Below are some entries. Copy each line in them that holds "those".

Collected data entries
○ ○ ○ ○

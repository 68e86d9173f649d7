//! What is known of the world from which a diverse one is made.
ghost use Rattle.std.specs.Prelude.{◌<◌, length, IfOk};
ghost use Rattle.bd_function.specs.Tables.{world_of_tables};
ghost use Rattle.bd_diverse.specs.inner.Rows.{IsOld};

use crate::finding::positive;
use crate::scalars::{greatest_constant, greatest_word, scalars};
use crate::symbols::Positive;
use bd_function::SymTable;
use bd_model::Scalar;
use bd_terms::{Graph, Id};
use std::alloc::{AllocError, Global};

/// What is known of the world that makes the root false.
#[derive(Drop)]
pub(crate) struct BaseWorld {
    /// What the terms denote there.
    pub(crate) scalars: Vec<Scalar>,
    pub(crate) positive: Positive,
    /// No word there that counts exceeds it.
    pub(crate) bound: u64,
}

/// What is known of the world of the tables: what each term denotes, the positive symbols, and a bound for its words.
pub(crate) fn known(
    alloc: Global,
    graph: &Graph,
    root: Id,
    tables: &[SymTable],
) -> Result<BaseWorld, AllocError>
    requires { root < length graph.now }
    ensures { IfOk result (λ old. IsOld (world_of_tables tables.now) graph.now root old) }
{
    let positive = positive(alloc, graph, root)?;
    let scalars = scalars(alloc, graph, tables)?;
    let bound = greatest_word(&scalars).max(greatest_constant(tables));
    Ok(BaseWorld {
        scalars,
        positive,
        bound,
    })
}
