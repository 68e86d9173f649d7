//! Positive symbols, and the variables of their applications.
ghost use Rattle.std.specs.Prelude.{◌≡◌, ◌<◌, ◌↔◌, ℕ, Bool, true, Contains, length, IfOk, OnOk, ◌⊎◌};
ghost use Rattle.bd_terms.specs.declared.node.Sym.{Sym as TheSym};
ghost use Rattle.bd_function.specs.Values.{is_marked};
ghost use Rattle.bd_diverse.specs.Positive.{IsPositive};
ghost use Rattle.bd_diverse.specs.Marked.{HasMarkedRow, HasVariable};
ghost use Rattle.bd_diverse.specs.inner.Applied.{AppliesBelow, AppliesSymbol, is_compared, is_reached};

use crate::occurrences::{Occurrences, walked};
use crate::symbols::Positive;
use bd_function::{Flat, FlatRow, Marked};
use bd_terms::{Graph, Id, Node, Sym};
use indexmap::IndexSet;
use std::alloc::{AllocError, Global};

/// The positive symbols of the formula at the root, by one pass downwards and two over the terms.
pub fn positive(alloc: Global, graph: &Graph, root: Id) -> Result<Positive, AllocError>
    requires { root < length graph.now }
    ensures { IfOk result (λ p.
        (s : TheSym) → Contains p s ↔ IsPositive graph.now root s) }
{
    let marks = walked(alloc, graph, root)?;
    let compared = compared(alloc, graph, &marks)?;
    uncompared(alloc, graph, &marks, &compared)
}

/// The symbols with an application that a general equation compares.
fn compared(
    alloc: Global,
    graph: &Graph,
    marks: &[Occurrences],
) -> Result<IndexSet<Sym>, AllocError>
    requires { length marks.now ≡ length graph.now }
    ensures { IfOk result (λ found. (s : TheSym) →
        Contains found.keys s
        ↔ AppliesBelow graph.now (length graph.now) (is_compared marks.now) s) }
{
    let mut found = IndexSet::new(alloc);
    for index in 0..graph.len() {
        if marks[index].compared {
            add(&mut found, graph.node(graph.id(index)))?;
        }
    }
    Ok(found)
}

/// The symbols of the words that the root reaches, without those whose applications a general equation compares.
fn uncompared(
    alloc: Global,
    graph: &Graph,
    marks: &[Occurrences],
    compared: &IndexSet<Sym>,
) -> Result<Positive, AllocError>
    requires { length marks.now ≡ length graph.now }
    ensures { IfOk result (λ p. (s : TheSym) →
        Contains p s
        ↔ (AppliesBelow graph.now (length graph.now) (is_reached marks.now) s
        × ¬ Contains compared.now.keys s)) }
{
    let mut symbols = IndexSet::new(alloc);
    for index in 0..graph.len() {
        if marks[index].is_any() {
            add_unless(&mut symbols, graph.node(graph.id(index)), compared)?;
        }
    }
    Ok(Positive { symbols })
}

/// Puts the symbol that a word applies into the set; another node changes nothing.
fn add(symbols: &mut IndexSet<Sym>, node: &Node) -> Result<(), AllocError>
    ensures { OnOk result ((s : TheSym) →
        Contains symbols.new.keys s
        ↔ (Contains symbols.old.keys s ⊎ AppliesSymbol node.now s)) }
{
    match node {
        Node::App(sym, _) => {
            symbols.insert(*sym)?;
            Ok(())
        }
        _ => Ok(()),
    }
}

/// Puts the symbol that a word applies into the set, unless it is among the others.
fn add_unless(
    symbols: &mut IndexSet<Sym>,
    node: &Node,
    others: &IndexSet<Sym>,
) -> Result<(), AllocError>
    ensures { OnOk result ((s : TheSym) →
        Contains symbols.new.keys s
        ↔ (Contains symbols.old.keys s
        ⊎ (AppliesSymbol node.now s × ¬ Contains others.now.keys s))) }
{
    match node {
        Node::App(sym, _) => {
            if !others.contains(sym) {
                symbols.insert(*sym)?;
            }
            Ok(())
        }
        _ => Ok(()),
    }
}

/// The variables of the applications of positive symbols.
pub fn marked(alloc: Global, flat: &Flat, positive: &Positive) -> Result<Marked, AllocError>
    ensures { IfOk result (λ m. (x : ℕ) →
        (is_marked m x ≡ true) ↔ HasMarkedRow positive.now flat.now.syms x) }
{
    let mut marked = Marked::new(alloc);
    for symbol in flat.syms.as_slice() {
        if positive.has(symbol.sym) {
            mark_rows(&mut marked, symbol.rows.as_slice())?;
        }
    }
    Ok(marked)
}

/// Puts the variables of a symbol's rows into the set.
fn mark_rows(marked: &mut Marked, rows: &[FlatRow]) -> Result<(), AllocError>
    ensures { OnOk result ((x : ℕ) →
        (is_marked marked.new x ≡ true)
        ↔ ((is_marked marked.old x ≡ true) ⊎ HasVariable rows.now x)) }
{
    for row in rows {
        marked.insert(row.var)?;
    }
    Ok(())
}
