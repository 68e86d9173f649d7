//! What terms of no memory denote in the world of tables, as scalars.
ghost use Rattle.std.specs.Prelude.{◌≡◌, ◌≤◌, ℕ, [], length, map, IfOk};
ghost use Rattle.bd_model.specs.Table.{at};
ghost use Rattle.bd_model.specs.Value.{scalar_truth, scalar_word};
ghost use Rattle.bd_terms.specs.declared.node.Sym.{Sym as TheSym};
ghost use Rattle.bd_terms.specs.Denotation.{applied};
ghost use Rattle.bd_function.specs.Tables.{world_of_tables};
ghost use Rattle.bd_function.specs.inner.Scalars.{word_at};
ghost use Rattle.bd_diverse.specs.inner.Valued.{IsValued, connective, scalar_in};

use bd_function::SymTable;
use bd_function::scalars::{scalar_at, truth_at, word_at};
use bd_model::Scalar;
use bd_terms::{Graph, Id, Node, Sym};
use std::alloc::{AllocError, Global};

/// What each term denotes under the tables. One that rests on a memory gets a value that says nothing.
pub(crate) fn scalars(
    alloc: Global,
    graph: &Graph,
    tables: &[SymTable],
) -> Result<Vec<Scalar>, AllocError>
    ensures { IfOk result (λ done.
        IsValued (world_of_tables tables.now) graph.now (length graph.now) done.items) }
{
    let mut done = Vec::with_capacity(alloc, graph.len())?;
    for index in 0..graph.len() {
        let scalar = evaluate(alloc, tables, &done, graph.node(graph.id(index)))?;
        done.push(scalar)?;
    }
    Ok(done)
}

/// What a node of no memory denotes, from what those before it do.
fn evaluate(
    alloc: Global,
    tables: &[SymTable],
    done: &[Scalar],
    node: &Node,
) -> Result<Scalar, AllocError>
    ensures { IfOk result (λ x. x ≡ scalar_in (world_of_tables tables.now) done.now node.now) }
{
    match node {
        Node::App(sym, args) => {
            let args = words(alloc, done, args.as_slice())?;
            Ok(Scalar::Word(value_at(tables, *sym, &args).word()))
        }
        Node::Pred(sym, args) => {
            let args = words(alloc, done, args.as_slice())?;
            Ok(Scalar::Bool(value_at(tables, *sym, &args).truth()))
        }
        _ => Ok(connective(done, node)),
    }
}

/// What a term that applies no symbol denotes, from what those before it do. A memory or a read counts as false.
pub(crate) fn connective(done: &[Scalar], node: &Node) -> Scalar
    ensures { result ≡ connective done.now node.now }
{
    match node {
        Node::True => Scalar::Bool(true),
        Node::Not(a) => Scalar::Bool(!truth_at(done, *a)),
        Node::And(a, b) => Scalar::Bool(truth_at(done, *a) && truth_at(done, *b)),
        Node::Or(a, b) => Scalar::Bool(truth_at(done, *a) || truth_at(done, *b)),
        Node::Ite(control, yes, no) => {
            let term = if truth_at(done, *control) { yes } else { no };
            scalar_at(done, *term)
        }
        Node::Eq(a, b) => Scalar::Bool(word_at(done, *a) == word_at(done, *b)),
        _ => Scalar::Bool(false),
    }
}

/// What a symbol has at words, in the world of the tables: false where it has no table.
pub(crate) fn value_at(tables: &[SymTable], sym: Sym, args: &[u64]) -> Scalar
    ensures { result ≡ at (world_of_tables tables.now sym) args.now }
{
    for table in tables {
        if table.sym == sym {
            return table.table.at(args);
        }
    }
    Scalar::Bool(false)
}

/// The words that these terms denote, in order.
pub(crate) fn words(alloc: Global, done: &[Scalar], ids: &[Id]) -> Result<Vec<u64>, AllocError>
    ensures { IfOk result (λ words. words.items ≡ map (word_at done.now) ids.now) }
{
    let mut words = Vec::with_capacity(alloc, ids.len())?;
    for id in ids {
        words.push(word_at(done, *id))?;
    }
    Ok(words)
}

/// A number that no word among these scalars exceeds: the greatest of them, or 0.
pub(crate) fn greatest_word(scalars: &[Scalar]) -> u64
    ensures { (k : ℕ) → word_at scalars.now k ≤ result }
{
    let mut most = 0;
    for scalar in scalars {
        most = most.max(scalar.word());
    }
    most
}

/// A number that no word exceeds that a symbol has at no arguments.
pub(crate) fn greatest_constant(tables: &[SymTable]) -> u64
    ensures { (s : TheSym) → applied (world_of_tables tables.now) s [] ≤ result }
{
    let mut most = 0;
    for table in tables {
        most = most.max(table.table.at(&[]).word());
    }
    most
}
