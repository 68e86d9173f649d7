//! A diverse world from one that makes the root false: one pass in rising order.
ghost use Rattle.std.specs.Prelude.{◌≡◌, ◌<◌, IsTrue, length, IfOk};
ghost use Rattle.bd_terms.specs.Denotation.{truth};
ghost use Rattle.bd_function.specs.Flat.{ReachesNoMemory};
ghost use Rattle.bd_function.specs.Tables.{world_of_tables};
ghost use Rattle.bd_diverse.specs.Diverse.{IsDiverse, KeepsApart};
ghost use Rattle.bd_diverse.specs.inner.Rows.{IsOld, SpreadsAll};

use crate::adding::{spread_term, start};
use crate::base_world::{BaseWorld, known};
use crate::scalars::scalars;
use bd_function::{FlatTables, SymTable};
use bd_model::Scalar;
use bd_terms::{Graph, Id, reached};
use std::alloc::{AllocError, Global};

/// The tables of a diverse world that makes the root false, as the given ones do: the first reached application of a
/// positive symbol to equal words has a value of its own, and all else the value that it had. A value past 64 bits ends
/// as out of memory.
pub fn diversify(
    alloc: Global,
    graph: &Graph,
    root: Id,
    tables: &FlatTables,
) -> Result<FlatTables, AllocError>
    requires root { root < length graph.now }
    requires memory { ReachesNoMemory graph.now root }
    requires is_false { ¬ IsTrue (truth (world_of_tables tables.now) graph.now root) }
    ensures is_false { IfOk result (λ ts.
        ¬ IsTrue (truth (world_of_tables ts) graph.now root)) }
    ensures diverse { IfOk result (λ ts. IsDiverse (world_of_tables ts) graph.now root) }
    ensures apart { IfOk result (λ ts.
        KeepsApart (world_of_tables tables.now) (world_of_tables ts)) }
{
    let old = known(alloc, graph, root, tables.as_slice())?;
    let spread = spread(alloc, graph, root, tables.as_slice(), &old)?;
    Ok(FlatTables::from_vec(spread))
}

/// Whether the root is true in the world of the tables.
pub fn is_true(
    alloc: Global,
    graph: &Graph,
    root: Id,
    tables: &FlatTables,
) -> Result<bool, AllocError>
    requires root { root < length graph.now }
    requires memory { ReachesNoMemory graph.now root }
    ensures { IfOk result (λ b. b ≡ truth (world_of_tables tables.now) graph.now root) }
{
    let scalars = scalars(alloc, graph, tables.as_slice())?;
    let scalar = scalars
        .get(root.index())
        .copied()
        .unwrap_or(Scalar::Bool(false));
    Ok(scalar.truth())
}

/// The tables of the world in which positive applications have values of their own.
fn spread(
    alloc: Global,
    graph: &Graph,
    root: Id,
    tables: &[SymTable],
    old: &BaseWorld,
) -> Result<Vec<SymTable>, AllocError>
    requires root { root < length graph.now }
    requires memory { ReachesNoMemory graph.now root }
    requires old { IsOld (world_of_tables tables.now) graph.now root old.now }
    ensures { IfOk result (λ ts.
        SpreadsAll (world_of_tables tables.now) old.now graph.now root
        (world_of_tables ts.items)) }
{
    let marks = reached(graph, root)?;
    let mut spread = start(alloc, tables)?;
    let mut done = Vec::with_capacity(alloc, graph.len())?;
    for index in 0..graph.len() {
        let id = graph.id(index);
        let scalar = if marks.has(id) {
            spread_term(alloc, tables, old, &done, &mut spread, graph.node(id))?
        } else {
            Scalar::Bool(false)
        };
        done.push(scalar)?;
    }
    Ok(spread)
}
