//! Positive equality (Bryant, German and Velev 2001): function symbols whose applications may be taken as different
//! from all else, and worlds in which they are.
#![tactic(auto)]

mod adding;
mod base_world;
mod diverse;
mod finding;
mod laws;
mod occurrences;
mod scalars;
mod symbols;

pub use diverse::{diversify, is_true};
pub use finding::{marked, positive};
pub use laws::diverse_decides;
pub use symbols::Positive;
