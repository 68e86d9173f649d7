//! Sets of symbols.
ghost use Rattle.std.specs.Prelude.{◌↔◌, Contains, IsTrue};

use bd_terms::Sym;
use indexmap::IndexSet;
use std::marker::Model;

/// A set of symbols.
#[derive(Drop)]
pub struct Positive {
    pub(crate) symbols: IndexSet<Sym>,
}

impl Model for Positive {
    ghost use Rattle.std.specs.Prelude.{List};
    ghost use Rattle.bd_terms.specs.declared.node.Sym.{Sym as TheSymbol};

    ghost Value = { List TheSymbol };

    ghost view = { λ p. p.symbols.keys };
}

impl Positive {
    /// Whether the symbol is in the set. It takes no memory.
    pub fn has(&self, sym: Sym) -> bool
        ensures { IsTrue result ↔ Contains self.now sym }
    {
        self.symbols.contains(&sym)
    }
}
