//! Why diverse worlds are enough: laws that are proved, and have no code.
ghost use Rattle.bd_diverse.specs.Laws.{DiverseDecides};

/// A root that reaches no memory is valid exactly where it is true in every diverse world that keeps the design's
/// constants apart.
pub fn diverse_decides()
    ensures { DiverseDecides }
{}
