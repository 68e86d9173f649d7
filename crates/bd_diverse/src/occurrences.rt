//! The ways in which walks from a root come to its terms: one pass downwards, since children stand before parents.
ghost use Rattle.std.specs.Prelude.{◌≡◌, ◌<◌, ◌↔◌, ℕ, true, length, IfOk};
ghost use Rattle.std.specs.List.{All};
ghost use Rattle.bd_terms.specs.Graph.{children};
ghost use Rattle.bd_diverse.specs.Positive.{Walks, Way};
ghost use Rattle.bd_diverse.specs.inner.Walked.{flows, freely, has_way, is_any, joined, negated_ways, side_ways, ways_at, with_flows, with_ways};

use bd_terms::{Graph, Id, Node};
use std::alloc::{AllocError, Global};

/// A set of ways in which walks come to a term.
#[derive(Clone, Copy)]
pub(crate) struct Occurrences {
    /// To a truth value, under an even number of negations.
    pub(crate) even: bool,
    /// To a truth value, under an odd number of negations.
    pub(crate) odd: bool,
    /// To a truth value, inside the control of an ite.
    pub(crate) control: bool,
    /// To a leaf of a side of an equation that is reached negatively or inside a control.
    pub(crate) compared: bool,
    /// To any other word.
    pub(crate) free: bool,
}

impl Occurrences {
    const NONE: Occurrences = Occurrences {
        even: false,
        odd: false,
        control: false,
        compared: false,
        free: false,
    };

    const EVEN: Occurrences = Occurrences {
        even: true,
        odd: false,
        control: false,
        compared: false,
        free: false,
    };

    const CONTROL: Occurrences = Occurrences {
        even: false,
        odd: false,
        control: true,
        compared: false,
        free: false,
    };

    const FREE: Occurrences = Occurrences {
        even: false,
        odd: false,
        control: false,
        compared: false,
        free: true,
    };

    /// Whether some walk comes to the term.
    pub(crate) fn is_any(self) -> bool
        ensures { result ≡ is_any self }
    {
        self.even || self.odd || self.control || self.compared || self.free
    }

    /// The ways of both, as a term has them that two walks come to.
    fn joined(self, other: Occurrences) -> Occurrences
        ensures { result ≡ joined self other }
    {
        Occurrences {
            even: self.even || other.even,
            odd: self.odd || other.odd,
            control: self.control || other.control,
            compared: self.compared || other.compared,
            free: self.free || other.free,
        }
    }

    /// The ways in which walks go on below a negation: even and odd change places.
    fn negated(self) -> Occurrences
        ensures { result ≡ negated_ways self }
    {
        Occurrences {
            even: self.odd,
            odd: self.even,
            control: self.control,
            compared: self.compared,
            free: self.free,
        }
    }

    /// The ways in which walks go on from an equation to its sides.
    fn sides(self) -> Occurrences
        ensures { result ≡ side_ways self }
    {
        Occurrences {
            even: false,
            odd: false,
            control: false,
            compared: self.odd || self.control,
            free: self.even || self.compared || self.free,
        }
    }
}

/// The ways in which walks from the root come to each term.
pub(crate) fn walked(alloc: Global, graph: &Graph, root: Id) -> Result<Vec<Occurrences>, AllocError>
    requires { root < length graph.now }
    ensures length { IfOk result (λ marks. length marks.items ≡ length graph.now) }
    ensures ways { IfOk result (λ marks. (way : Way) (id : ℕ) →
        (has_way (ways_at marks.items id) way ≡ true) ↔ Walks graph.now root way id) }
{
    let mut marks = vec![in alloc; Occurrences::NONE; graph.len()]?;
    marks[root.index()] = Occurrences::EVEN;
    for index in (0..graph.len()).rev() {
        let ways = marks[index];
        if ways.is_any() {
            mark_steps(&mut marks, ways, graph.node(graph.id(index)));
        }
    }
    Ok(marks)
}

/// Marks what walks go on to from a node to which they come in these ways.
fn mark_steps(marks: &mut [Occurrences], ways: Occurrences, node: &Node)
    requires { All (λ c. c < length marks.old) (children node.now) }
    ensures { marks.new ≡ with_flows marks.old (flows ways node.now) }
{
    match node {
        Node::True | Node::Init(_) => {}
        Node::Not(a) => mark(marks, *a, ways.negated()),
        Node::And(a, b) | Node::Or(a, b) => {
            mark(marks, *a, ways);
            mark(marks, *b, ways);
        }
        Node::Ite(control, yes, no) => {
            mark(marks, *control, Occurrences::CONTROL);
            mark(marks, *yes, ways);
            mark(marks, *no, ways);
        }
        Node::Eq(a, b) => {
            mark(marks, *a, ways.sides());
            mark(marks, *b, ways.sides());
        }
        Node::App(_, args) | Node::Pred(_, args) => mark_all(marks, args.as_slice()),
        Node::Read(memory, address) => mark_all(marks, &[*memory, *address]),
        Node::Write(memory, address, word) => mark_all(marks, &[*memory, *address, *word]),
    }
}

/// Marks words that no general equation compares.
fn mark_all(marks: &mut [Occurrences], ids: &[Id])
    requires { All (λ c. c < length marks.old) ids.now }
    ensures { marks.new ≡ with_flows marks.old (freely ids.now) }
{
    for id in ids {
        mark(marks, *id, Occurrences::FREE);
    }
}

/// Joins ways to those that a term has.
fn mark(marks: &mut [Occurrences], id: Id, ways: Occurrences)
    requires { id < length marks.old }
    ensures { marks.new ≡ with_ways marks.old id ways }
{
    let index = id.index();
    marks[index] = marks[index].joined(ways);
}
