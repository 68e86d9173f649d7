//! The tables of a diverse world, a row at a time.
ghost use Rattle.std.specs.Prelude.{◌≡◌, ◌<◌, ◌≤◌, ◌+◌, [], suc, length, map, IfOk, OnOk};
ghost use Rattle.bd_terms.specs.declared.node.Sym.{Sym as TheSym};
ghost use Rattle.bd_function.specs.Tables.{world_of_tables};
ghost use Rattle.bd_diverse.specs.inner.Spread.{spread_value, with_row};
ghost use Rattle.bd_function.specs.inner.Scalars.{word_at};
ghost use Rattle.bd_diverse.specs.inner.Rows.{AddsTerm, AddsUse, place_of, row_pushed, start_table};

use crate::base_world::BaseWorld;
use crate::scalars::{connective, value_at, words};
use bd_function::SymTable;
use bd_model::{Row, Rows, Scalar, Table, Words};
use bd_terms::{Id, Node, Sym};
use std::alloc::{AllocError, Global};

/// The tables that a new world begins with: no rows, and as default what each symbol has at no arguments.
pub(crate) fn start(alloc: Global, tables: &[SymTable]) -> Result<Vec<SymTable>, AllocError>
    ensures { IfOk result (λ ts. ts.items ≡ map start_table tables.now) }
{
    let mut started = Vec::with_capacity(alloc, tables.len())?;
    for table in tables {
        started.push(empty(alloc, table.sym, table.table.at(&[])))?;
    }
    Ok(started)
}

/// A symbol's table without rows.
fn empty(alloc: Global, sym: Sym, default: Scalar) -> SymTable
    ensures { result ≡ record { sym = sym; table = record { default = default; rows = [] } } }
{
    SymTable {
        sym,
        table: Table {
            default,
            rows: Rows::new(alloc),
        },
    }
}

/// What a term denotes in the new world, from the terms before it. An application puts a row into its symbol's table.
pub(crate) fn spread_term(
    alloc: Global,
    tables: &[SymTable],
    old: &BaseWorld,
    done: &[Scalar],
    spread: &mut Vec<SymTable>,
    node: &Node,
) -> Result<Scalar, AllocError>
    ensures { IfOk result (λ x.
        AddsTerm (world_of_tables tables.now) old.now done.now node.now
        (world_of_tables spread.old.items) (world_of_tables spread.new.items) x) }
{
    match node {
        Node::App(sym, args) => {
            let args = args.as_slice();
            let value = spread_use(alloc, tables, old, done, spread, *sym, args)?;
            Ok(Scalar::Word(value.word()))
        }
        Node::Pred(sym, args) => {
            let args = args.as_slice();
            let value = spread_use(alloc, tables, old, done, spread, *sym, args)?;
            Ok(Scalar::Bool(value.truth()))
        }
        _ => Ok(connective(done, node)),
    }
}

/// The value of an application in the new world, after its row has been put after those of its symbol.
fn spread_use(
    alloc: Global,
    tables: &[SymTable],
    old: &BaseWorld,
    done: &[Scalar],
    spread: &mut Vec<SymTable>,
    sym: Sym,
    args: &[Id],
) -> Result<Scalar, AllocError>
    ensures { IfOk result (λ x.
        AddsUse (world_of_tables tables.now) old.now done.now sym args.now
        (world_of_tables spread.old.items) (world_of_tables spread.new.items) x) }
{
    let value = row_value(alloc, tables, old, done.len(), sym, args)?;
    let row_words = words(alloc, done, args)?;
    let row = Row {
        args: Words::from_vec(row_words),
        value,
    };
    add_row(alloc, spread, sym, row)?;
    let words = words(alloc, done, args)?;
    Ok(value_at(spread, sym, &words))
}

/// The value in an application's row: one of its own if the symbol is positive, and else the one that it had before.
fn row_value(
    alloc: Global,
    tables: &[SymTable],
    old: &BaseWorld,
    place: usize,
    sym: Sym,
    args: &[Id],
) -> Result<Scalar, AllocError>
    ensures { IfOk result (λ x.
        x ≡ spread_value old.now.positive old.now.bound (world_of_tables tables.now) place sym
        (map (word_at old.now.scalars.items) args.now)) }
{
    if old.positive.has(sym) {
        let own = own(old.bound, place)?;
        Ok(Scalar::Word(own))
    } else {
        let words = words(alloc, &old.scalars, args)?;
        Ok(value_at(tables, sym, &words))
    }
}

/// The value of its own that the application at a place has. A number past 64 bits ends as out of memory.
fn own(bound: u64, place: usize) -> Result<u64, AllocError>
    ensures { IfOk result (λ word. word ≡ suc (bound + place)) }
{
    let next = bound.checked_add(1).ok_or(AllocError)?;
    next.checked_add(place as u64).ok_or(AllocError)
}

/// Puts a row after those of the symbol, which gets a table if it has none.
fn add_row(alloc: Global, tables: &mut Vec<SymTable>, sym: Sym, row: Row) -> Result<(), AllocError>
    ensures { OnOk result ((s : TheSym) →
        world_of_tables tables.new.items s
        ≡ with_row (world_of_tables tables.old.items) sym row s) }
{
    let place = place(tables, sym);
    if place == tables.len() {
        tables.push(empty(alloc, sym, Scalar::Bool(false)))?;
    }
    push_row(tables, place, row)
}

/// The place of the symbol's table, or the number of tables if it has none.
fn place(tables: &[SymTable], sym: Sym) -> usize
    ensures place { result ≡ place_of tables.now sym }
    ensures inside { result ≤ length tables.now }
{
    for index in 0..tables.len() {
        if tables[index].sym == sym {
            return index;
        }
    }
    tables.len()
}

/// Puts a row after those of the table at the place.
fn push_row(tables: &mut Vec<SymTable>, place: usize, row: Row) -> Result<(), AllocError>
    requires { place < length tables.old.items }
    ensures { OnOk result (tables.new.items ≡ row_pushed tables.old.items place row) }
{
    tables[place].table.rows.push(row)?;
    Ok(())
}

○ ○ ○ ○

__WRITTEN ANSWER__
/// The symbols of the words that the root reaches, without those whose applications a general equation compares.
/// What a node of no memory denotes, from what those before it do.
/// What a term that applies no symbol denotes, from what those before it do. A memory or a read counts as false.
/// Joins ways to those that a term has.
/// The value of an application in the new world, after its row has been put after those of its symbol.
/// Puts a row after those of the symbol, which gets a table if it has none.
/// Puts a row after those of the table at the place.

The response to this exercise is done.